Despite having been on the planet for many millions of years, relatively little is known about the gharial, and its numbers are dwindling. There are possible references to the creature in Hindu mythology and Roman writing, and it was first officially described by science in 1789. As recently as the 1970s, however, a scientist suggested that such a beast existed only in the human imagination. The gharial has made it onto Nick’s list because of its relative rarity and because it stands out among all other crocodiles. While it is still very large – adults can grow up to six metres in length – the gharial has developed very long, narrow, and highly specialised jaws. Weirdest of all, however, is the fleshy growth – named the ‘ghara’, after an Indian water pot – which sits on the end of the snout in adult males.

The gharial is now only to be found on the Indian subcontinent, but before he flies out, Nick begins his research at his childhood haunt – the Natural History Museum in London. It is at this museum that Nick first fell in love with the diverse world of animals, but now he visits to breathe life into the dried bones and pickled skin of the strangest creatures he can find. Dr Angela Milner of the museum’s palaeontology department explains that while crocodiles may look like dinosaurs, they are only a very distant relative. The gharial, however, may be more closely related to the baryonyx, a dinosaur whose skull also featured the elongated jaw. The gharial, like the baryonyx millions of years before it, has evolved to eat solely fish.

Once out in southern India, Nick meets up with croc expert Romulus Whitaker. Romulus runs a crocodile bank, set up to preserve India’s reptiles, and is in charge of some 2,500 mugger crocs. Along with these more common animals, however, he also keeps gharials, and Nick soon gets his first glimpse of one of the strangest faces in India.

Wanting to get close to the animals but conscious of the fact that they are large predators, Nick is guided to some youngsters which he can examine at length. Pulling one out of the water, Nick remarks that “a gharial in the hand is worth several in the river,” and begins to describe what makes them special. With a very muscular rear end, a wide tail base, and semi-webbed back feet, the animals are designed to propel themselves through water at high speeds. They are also relatively smooth, enabling them to flow through the water without resistance. In fact, the whole design of the animal is geared towards an aquatic life, unlike its cousins.

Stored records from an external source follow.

//! A meter that resumes from an earlier run.
ghost use Rattle.std.specs.Prelude.{◌≡◌, [], IfOk, OnOk};
ghost use Rattle.relay_recorder.specs.Recording.{IsCapacity};
ghost use Rattle.trace_player.specs.Resuming.{ContinuesRun, world_of};
ghost use Rattle.relay_core.specs.Agreeing.{AreInRange, IsWorld};
ghost use Rattle.relay_core.specs.Opening.{IsFitOpening, world_of_opening};
ghost use Rattle.relay_core.specs.Runs.{world_after};
ghost use Rattle.relay_core.specs.Stands.{StandsFor};
ghost use Rattle.relay_core.specs.World.{World};

use relay_core::{LimiterOpening, Opening, RelayCore};
use relay_events::Event;
use relay_recorder::{Recorder, Trace};
use std::alloc::{AllocError, Global};

/// Applies events to a core, one after the other, and drops the replies.
///
/// Fails only if out of memory; some of the events may then have been applied.
pub fn apply_events(alloc: Global, core: &mut RelayCore, events: &[Event]) -> Result<(), AllocError>
    ensures { OnOk result ((w : World) → StandsFor core.old w
        → StandsFor core.new (world_after events.now w)) }
{
    'events: for event in events {
        let reply = core.step(alloc, event)?;
        drop(reply);
    }
    Ok(())
}

/// Returns the recorder of a meter that resumes at the end of a trace's run. It has no events yet,
/// and keeps at most `capacity` events, 1 to 1,024.
///
/// Whatever event comes next, the reply is the one that the meter that wrote the trace would have
/// given. Fails only if out of memory.
#[tactic(auto, using(crate::proofs::Alike::goes_on))]
pub fn resume_recorder(alloc: Global, trace: &Trace, capacity: u16) -> Result<Recorder, AllocError>
    requires fit { IsFitOpening trace.now.opening }
    requires capacity { IsCapacity capacity }
    ensures empty { IfOk result (λ recorder. recorder.events ≡ []) }
    ensures capacity { IfOk result (λ recorder. recorder.capacity ≡ capacity) }
    ensures world { IfOk result (λ recorder. StandsFor recorder.core (world_of trace.now)) }
    ensures continues_run { ContinuesRun trace.now (world_of trace.now) }
{
    // (no effect: the contract needs this law)
    opening_has_range(&trace.opening);
    let mut core = RelayCore::from_fit_opening(alloc, &trace.opening)?;
    match apply_events(alloc, &mut core, trace.events.as_slice()) {
        Ok(()) => Recorder::from_core(alloc, core, capacity),
        Err(error) => {
            drop(core);
            Err(error)
        }
    }
}

// Proves that the durations of a limiter's saved state are numbers of 32 bits.
fn limiter_has_range(opening: &LimiterOpening)
    ensures { AreInRange opening.now.settings }
{
    let _over = opening.settings.min_over_threshold_duration;
    let _under = opening.settings.min_under_threshold_duration;
}

// Proves that the durations of a core's saved state are numbers of 32 bits, including those in the
// steps of its scripts.
#[tactic(auto, using(crate::proofs::ScriptRanges::scripts_in_range))]
fn opening_has_range(opening: &Opening)
    ensures { IsWorld (world_of_opening opening.now) }
{
    limiter_has_range(&opening.import);
    limiter_has_range(&opening.export);
    let _scripts = opening.scripts.scripts();
}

To learn more about the gharials’ odd jaws, Nick joins Romulus for feeding time. As they throw fish over the side of the adult enclosure, it becomes obvious what the animals are designed to do. With swift, almost untrackable movements, the gharials snap their heads sideways and catch their prey before it hits the water. While in the wild they would not be “catching fish from the sky,” as Nick puts it, the same principles apply. The jaws of the gharials may be thin, but they are lethal.

So now Nick knows why the gharials’ snouts are long, but what of the ghara? After millions of years of evolution had produced such a sleek animal, such an odd protrusion seems to ruin the design. Some theories suggest that the ghara has some sort of feeding application; others lean towards a communicative function. One other suggestion is that the ghara could be a display of male sexual dominance. Could such a bizarre characteristic be the reptilian equivalent of a medallion? Whatever the reason, Nick reflects, nothing in nature lasts unless it has a use.